= The records =
________

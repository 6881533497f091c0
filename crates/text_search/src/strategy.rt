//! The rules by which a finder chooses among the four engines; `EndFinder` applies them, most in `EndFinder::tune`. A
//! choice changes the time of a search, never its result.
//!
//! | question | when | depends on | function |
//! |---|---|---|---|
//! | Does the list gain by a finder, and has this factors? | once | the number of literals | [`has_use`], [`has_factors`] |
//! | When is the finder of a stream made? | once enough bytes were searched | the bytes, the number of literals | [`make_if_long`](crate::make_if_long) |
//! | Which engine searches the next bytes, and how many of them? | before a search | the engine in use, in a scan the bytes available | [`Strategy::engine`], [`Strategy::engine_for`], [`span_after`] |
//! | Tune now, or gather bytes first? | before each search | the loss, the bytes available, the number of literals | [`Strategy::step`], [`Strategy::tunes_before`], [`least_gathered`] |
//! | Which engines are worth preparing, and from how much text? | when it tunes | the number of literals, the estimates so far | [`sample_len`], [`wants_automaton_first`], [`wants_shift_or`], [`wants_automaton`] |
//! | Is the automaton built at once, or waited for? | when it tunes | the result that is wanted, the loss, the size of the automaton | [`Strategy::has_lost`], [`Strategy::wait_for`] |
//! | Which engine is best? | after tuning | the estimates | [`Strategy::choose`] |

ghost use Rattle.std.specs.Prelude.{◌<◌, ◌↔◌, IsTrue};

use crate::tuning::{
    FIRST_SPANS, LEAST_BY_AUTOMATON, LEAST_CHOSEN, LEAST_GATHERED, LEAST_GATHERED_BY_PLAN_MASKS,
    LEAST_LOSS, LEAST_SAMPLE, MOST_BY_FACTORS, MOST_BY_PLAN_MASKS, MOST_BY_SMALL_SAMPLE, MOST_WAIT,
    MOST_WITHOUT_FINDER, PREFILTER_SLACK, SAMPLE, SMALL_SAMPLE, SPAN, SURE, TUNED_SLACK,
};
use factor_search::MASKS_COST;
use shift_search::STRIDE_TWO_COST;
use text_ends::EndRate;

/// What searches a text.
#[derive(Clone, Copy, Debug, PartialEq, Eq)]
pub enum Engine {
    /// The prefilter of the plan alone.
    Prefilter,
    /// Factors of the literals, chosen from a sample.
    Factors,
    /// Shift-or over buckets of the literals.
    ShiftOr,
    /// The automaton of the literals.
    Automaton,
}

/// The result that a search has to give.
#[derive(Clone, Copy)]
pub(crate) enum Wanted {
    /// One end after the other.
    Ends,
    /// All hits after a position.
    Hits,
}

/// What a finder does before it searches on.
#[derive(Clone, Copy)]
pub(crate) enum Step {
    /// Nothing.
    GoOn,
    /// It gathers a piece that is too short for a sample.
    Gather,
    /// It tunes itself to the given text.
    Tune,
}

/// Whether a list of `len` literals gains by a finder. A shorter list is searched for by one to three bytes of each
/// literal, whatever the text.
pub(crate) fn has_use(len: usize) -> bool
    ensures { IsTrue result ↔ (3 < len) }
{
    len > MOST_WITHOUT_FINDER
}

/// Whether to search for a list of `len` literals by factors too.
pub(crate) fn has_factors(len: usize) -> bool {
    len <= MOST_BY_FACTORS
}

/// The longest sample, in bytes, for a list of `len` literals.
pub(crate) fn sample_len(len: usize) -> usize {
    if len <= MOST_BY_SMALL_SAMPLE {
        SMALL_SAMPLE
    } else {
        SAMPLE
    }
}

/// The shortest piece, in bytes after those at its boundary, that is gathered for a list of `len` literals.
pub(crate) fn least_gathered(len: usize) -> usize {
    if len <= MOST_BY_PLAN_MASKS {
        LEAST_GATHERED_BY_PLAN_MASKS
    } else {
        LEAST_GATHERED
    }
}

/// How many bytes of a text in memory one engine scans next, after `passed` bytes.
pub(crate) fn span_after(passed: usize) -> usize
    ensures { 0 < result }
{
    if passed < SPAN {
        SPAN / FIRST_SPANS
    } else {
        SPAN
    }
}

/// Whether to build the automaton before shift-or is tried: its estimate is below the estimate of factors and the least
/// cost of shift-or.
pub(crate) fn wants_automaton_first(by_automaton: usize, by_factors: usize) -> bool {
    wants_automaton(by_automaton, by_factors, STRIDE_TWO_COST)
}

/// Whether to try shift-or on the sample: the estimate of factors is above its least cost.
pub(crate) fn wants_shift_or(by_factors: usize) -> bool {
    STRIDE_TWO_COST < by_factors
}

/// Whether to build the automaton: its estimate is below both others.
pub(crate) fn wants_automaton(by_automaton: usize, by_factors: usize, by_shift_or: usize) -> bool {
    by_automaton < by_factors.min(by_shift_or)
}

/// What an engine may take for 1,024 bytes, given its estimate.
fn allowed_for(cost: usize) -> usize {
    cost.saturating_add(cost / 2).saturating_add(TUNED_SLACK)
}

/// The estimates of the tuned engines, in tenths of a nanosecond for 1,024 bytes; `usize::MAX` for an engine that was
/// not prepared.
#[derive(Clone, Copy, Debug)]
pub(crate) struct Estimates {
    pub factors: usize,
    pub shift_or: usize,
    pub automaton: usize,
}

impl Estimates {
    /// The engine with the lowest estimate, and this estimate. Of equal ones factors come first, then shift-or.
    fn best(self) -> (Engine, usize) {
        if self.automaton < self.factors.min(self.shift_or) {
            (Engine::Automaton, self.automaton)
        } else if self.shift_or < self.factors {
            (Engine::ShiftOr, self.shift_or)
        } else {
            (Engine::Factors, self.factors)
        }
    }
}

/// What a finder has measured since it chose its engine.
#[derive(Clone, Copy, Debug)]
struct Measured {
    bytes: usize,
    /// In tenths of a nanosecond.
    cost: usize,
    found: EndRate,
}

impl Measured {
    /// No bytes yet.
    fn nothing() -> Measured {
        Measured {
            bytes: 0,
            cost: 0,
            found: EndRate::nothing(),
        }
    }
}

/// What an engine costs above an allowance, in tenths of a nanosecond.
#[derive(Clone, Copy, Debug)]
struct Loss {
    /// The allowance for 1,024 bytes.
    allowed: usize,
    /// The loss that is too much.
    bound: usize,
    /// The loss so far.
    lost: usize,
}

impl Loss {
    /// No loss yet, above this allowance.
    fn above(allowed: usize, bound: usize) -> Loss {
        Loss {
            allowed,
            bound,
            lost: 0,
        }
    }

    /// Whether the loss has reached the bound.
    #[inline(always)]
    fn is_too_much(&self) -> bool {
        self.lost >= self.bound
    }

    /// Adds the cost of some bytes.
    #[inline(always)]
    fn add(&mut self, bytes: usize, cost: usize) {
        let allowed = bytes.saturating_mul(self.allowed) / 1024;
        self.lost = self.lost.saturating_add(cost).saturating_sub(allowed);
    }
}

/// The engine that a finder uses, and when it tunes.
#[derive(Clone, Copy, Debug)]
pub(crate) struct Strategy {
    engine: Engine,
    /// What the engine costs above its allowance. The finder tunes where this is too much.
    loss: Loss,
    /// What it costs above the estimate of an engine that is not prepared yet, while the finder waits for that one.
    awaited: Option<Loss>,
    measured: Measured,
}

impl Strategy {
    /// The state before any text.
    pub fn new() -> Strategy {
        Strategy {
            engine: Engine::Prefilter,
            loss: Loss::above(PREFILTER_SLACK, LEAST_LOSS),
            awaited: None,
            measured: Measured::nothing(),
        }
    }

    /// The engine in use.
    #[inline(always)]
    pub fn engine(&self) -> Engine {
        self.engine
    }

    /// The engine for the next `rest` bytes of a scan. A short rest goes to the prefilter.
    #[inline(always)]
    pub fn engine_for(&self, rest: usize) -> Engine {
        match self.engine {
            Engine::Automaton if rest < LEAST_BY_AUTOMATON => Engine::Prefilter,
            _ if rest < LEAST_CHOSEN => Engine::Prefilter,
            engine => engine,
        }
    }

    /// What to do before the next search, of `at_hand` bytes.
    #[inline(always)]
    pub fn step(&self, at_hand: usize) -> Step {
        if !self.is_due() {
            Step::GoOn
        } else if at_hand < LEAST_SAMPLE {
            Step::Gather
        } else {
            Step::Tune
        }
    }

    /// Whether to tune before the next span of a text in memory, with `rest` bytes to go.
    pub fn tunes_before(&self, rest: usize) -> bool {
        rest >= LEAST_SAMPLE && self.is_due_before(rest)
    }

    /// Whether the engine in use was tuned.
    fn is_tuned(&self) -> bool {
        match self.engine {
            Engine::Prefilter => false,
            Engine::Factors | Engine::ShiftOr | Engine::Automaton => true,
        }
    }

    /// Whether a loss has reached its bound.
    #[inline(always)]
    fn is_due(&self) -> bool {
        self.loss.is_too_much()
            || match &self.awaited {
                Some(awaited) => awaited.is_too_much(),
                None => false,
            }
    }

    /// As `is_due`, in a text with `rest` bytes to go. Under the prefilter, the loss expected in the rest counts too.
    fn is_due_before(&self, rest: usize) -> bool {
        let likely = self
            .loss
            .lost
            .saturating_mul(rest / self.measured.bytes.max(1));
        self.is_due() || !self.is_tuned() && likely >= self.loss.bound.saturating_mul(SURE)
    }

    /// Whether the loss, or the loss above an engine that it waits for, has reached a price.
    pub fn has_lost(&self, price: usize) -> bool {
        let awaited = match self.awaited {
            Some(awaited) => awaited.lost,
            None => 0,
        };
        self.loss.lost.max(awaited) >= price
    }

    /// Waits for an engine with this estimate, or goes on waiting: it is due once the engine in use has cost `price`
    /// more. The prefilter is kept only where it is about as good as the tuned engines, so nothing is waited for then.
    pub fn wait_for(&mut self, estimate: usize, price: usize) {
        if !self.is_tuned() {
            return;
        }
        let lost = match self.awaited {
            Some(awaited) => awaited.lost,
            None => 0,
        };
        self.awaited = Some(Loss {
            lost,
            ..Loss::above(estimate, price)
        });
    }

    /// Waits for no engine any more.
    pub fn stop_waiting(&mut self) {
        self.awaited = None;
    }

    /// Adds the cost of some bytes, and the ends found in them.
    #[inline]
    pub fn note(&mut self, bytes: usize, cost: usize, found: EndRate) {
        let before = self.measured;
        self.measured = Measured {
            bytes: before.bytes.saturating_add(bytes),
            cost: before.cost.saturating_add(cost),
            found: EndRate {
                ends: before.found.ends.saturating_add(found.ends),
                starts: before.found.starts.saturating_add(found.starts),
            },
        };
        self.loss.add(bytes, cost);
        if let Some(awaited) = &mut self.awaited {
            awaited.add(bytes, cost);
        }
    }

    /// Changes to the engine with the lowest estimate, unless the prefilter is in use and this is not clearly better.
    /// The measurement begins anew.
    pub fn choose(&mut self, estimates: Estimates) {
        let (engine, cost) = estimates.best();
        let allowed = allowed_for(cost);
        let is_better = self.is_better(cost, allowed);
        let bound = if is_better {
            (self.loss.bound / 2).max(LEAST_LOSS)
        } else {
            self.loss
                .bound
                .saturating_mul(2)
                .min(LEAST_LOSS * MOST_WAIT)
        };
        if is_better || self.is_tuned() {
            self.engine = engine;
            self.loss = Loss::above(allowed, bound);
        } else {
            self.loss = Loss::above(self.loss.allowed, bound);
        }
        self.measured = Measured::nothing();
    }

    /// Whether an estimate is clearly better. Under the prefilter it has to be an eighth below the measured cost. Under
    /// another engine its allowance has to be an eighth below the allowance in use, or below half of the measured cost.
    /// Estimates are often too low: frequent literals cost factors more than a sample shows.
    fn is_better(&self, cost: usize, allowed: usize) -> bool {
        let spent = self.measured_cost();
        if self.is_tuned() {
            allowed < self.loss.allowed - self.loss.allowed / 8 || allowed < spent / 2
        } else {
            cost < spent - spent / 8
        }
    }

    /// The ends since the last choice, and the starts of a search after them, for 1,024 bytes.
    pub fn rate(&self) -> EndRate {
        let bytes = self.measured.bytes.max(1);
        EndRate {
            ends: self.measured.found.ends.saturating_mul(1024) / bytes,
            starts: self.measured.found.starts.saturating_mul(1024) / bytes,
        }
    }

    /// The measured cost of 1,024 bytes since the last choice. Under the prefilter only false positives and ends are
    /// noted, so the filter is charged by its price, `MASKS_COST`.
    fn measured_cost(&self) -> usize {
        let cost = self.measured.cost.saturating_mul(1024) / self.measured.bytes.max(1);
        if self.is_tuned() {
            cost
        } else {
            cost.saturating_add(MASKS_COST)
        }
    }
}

________

= Work instructions =
How many lines in the records above contain the string "IsTrue"? State the number and nothing more.

= Your response =
2